Find every line containing the string "Layout" in the data below, and report how many there are, with no other words.

/---

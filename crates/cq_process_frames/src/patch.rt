//! Bytes that are written over others.
ghost use Rattle.std.specs.Prelude.{◌≡◌, ◌+◌, ◌≤◌, ◌++◌, List, ℕ, drop, length, take};
ghost use Rattle.cq_frames.specs.Layout.{piece_number};
ghost use Rattle.cq_wire.specs.Layout.{number32, number64};

use cq_frames::PieceNumber;

/// Writes the piece over as many bytes, from that place on: O(bytes of the piece).
fn write_at(bytes: &mut [u8], place: usize, piece: &[u8])
    requires { place + length piece.now ≤ length bytes.old }
    ensures { bytes.new ≡ take place bytes.old ++ (piece.now ++ drop (place + length piece.now) bytes.old) }
{
    let (_, back) = bytes.split_at_mut(place);
    let (over, _) = back.split_at_mut(piece.len());
    over.copy_from_slice(piece);
}

/// Writes a number over four bytes, the lowest first.
#[tactic(auto, unfolding(cq_wire::specs::Layout::number32))]
pub fn write_u32_at(bytes: &mut [u8], place: usize, number: u32)
    requires { place + 4 ≤ length bytes.old }
    ensures { bytes.new ≡ take place bytes.old ++ (number32 number ++ drop (place + 4) bytes.old) }
{
    write_at(bytes, place, &number.to_le_bytes());
}

/// Writes a number over eight bytes, the lowest first.
#[tactic(auto, unfolding(cq_wire::specs::Layout::number64))]
fn write_u64_at(bytes: &mut [u8], place: usize, number: u64)
    requires { place + 8 ≤ length bytes.old }
    ensures { bytes.new ≡ take place bytes.old ++ (number64 number ++ drop (place + 8) bytes.old) }
{
    write_at(bytes, place, &number.to_le_bytes());
}

/// Writes the number of a piece over sixteen bytes.
pub fn write_number_at(bytes: &mut [u8], place: usize, number: PieceNumber)
    requires { place + 16 ≤ length bytes.old }
    ensures { (a m i r : List ℕ) → bytes.old ≡ a ++ (m ++ (i ++ r)) → length a ≡ place → length m ≡ 8 → length i ≡ 8
        → bytes.new ≡ a ++ (piece_number number ++ r) }
{
    write_u64_at(bytes, place, number.message);
    write_u64_at(bytes, place + 8, number.index);
}
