//! What stands before a piece in its frame: put before the piece is there, and sealed behind it.
ghost use Rattle.std.specs.Prelude.{◌≡◌, ◌+◌, ◌≤◌, ◌<◌, ◌^◌, ◌++◌, List, ℕ, length, OnOk, OnErr};
ghost use Rattle.cq_base.specs.declared.party.Party as rust_party;
ghost use Rattle.cq_frames.specs.declared.response.Response.TheVariants as responses;
ghost use Rattle.cq_frames.specs.Layout.{piece_number};
ghost use Rattle.cq_process_frames.specs.declared.front.TheConstants.{FRONT_LIMIT};
ghost use Rattle.cq_process_frames.specs.Frames.{frame, front, mark};
ghost use Rattle.cq_wire.specs.Layout.{number32};

use crate::patch::{write_number_at, write_u32_at};
use cq_base::{NoMemory, Party};
use cq_frames::{PIECE_LIMIT, PieceNumber};
use cq_wire::{VERSION, Writer};
use std::mem;

/// More bytes than stand before a piece in its frame, whoever it is for.
pub const FRONT_LIMIT: usize = 100;

/// A piece has more bytes than a frame may bear.
#[derive(Clone, Copy, Debug)]
pub struct TooLong;

#[tactic(auto, unfolding(cq_frames::specs::Layout::party))]
fn put_mark(out: &mut Writer, to: &Party) -> Result<(), NoMemory>
    ensures ok { OnOk result (out.new.value ≡ out.old.value ++ mark to.now) }
    ensures before { out.new.before ≡ out.old.before }
{
    match to {
        Party::Master => out.put(&[VERSION, 0, 0]),
        Party::Clients => out.put(&[VERSION, 0, 1]),
        Party::Server(id) => {
            out.put(&[VERSION, 0, 2])?;
            out.put_u32(id.get())
        }
    }
}

fn put_all(out: &mut Writer, to: &Party) -> Result<(), NoMemory>
    ensures ok { OnOk result (out.new.value ≡ out.old.value ++ front to.now) }
    ensures before { out.new.before ≡ out.old.before }
{
    out.put(&[0, 0, 0, 0])?;
    put_mark(out, to)?;
    out.put(&[0, 0, 0, 0, 0, 0, 0, 0, 0, 0, 0, 0, 0, 0, 0, 0, 0, 0, 0, 0])
}

/// Writes what stands before a piece for the party, with zeros where the lengths and the number will stand. After `NoMemory` the
/// bytes are as before.
pub fn put_front(out: &mut Vec<u8>, to: &Party) -> Result<(), NoMemory>
    ensures ok { OnOk result (out.new.items ≡ out.old.items ++ front to.now) }
    ensures err { OnErr result (out.new.items ≡ out.old.items) }
{
    let empty = Vec::new(*out.allocator());
    let mut writer = Writer::after(mem::replace(out, empty));
    if put_all(&mut writer, to).is_err() {
        *out = writer.undone();
        return Err(NoMemory);
    }
    *out = writer.whole();
    Ok(())
}

/// Writes the lengths and the number over their zeros, in a frame that begins at that place.
fn fill(bytes: &mut [u8], place: usize, mark: usize, number: PieceNumber, count: u32)
    requires room { place + mark + 24 ≤ length bytes.old }
    requires fits { mark + 20 + count < 2 ^ 32 }
    ensures { (a z m n i k r : List ℕ) → bytes.old ≡ a ++ (z ++ (m ++ (n ++ (i ++ (k ++ r))))) → length a ≡ place → length z ≡ 4
        → length m ≡ mark → length n ≡ 8 → length i ≡ 8 → length k ≡ 4
        → bytes.new ≡ a ++ (number32 (mark + 20 + count) ++ (m ++ (piece_number number ++ (number32 count ++ r)))) }
{
    let total = mark as u32 + 20 + count;
    write_u32_at(bytes, place, total);
    write_number_at(bytes, place + 4 + mark, number);
    write_u32_at(bytes, place + 20 + mark, count);
}

/// Makes a frame of what `put_front` wrote from `start` on and of the piece that stands behind it, from `body` on. Where the piece is
/// too long the bytes are as before. It takes no memory: O(1).
pub fn seal(
    out: &mut Vec<u8>,
    start: usize,
    body: usize,
    number: PieceNumber,
) -> Result<(), TooLong>
    requires order { start + 24 ≤ body }
    requires short { body ≤ start + FRONT_LIMIT }
    requires within { body ≤ length out.old.items }
    ensures ok { (old piece : List ℕ) (to : rust_party.Party) → out.old.items ≡ (old ++ front to) ++ piece → length old ≡ start
        → start + length (front to) ≡ body → OnOk result (out.new.items ≡ old ++ frame (responses.Put to number piece)) }
    ensures err { OnErr result (out.new.items ≡ out.old.items) }
{
    let count = out.len() - body;
    if PIECE_LIMIT < count {
        return Err(TooLong);
    }
    fill(
        out.as_mut_slice(),
        start,
        body - start - 24,
        number,
        count as u32,
    );
    Ok(())
}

\---

» RESPONSE BELOW
7